#### Task to carry out
Within the records below, reproduce without change the lines from the line that has "result ≡ greatest_arguments (block_of" through the line that has "in a command.", and only those.

:: Data shown

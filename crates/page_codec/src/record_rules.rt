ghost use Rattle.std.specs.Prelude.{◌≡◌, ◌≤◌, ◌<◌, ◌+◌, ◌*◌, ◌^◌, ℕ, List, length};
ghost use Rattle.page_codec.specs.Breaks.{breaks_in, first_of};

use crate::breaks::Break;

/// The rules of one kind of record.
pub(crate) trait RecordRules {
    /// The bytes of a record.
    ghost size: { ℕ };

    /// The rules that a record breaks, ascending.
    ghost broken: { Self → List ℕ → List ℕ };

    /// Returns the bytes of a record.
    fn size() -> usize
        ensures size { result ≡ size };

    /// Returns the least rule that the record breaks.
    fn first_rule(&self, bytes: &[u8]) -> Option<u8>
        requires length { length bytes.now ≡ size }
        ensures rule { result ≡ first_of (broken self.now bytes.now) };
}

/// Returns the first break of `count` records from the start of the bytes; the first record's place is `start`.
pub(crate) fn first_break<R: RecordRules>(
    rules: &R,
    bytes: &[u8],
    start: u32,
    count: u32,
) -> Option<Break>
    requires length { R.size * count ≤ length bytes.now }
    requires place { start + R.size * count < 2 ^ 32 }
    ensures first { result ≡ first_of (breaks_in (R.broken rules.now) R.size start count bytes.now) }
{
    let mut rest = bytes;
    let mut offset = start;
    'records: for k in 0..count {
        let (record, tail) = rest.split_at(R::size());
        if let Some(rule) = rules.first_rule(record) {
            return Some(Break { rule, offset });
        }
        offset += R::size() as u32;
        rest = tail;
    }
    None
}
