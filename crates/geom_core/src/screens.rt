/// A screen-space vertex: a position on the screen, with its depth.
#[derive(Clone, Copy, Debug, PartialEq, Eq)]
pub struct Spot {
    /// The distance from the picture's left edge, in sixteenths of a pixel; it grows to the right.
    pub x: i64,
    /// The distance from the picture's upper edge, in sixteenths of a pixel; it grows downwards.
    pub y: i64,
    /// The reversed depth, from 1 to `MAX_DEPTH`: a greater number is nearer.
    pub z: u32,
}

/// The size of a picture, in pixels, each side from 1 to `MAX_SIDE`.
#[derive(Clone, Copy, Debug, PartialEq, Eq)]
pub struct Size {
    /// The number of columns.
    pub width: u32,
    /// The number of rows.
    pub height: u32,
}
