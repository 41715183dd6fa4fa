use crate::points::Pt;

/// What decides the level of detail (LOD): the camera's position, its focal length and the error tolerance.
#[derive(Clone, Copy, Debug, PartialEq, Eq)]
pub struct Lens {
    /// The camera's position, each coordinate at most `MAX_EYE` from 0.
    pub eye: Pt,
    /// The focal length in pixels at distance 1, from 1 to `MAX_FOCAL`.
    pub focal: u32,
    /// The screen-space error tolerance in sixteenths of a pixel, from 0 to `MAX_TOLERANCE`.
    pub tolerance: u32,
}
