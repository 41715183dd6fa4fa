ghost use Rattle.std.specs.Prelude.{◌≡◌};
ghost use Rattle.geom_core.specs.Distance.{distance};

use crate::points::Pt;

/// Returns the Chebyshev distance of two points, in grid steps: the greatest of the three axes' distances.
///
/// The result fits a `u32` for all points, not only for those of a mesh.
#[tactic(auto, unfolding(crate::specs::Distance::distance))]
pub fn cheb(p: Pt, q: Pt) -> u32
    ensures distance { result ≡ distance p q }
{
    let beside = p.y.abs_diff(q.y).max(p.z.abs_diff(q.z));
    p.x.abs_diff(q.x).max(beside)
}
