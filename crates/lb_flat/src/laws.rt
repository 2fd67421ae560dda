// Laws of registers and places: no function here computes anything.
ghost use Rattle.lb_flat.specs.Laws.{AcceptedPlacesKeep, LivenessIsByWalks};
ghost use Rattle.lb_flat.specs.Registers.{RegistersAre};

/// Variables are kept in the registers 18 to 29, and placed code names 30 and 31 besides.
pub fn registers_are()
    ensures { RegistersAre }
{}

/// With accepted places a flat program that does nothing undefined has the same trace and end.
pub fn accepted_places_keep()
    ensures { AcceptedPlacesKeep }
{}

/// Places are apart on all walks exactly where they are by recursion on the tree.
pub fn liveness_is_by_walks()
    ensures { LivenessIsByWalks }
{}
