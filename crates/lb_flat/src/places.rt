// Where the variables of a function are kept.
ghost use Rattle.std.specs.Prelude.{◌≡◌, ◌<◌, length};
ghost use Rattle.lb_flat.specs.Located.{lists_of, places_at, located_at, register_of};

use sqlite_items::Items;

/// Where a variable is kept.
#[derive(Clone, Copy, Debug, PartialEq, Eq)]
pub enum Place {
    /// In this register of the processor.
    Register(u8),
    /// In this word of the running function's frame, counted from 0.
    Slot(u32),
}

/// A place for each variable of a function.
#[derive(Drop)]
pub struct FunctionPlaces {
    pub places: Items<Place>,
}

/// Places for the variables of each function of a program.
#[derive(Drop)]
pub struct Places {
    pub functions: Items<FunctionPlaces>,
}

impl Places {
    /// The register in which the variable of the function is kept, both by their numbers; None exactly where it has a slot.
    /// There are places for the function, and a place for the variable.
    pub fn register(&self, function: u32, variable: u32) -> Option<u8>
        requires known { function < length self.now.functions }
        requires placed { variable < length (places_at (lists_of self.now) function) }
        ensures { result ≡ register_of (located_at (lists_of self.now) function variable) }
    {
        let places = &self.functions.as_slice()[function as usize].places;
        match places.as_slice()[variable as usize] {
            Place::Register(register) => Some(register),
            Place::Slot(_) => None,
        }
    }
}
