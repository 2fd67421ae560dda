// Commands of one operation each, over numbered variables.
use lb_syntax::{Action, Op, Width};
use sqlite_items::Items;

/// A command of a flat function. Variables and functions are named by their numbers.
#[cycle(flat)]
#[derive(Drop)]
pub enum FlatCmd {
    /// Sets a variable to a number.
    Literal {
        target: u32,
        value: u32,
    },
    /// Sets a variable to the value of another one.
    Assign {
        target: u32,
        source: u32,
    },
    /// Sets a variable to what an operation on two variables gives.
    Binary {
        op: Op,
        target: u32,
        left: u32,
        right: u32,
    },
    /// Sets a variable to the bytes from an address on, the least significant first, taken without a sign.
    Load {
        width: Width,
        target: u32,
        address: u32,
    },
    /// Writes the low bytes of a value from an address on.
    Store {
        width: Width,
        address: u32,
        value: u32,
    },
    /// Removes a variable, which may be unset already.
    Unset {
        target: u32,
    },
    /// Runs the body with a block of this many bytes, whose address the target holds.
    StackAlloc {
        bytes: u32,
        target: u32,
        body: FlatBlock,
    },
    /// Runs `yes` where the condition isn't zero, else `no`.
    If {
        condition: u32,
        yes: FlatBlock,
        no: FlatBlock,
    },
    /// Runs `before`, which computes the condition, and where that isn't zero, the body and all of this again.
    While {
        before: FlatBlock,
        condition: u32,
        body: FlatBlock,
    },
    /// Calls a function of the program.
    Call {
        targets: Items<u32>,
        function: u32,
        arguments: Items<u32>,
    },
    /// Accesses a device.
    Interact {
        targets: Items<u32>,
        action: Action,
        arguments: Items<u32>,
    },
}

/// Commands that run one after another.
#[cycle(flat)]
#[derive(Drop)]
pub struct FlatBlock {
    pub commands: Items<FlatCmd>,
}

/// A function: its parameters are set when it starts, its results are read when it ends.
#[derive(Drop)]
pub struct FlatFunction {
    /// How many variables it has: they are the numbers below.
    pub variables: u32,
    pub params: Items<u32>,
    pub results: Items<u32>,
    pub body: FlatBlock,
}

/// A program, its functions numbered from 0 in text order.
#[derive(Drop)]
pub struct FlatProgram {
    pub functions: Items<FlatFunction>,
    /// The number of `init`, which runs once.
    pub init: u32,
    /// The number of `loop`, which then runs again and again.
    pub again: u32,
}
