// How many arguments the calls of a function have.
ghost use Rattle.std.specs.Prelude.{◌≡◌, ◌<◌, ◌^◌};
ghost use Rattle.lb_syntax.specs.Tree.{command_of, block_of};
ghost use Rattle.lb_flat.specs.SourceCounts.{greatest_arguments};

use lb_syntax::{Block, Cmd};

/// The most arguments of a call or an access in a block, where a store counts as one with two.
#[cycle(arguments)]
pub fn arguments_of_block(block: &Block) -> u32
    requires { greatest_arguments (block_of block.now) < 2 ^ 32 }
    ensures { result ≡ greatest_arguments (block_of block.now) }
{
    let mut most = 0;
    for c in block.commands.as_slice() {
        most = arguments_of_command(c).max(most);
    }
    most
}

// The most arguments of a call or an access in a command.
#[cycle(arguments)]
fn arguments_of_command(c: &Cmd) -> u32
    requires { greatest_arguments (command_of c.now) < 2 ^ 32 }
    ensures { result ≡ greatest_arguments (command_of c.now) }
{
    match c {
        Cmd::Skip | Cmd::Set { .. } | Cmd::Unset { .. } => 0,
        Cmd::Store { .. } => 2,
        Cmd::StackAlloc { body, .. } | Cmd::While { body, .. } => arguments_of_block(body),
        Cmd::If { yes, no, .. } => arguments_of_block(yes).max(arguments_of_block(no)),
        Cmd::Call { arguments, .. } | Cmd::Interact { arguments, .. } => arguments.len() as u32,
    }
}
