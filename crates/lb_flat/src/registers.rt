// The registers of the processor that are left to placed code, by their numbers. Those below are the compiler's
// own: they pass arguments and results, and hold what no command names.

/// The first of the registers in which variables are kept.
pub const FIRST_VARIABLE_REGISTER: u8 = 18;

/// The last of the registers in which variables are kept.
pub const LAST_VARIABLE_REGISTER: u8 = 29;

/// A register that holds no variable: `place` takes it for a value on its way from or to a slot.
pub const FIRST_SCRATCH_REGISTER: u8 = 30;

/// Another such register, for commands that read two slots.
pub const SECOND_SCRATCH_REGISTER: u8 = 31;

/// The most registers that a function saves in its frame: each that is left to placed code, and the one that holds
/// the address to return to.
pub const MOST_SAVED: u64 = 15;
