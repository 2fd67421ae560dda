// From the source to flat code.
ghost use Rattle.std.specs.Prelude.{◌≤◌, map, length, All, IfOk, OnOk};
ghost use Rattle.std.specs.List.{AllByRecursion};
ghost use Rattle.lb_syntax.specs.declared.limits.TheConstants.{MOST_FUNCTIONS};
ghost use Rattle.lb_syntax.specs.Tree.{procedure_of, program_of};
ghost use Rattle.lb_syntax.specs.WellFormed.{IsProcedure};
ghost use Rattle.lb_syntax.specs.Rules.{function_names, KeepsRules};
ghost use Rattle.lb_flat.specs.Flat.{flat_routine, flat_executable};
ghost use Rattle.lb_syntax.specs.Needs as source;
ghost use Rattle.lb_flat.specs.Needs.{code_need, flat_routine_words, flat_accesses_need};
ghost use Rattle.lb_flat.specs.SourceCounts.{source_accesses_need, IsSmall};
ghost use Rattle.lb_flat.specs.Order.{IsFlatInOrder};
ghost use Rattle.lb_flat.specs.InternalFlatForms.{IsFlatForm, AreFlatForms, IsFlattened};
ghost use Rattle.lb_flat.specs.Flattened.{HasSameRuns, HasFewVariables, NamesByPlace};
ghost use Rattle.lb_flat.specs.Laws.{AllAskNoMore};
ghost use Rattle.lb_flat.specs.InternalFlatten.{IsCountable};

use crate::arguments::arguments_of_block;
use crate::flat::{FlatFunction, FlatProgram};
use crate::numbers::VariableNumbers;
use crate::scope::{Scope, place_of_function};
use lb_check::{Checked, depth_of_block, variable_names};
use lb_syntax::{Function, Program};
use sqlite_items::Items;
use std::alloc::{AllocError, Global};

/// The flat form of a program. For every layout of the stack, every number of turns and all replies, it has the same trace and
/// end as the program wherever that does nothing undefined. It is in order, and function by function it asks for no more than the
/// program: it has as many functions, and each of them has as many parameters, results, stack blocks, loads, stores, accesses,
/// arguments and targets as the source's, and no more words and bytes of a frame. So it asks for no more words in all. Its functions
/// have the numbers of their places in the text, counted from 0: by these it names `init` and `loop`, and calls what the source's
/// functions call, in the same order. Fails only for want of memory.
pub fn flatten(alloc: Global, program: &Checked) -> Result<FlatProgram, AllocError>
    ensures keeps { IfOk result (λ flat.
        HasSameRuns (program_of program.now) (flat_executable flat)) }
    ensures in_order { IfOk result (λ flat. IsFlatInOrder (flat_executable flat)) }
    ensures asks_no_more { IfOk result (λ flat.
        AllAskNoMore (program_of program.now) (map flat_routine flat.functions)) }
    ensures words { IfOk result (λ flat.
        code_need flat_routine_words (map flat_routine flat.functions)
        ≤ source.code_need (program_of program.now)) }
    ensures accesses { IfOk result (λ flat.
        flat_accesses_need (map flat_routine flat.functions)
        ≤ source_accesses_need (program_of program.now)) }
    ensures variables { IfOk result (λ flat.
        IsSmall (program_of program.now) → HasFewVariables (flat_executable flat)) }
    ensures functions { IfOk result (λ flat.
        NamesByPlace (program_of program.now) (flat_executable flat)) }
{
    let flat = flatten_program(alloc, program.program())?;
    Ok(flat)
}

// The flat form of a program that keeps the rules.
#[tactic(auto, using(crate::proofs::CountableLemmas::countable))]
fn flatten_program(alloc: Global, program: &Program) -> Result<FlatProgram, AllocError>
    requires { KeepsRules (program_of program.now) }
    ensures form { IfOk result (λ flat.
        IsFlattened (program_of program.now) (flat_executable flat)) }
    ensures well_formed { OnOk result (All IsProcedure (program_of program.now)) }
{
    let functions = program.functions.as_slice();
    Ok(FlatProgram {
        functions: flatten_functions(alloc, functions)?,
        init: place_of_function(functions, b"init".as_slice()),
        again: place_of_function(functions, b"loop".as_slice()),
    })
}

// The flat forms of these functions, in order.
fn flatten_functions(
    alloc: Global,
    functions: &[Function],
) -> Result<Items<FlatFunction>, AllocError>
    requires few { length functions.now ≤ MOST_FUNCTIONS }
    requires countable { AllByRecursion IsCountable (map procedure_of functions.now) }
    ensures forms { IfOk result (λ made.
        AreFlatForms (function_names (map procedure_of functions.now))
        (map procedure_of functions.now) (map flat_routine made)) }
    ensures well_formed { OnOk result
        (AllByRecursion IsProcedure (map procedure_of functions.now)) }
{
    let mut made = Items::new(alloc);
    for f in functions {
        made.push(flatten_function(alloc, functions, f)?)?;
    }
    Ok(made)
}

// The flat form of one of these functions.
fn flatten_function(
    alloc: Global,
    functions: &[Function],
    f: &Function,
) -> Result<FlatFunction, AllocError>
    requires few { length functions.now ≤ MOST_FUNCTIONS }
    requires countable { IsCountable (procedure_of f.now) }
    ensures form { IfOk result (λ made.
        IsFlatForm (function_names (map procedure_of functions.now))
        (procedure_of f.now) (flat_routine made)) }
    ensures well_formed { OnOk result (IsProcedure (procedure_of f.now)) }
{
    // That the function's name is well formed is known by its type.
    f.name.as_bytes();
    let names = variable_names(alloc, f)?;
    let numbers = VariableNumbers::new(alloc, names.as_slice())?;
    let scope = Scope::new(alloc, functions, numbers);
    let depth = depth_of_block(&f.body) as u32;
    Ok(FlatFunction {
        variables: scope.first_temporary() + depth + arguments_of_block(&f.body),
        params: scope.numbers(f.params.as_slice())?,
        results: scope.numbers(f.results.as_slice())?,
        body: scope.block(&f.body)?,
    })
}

::::

#### Result below
    ensures { result ≡ greatest_arguments (block_of block.now) }
{
    let mut most = 0;
    for c in block.commands.as_slice() {
        most = arguments_of_command(c).max(most);
    }
    most
}

// The most arguments of a call or an access in a command.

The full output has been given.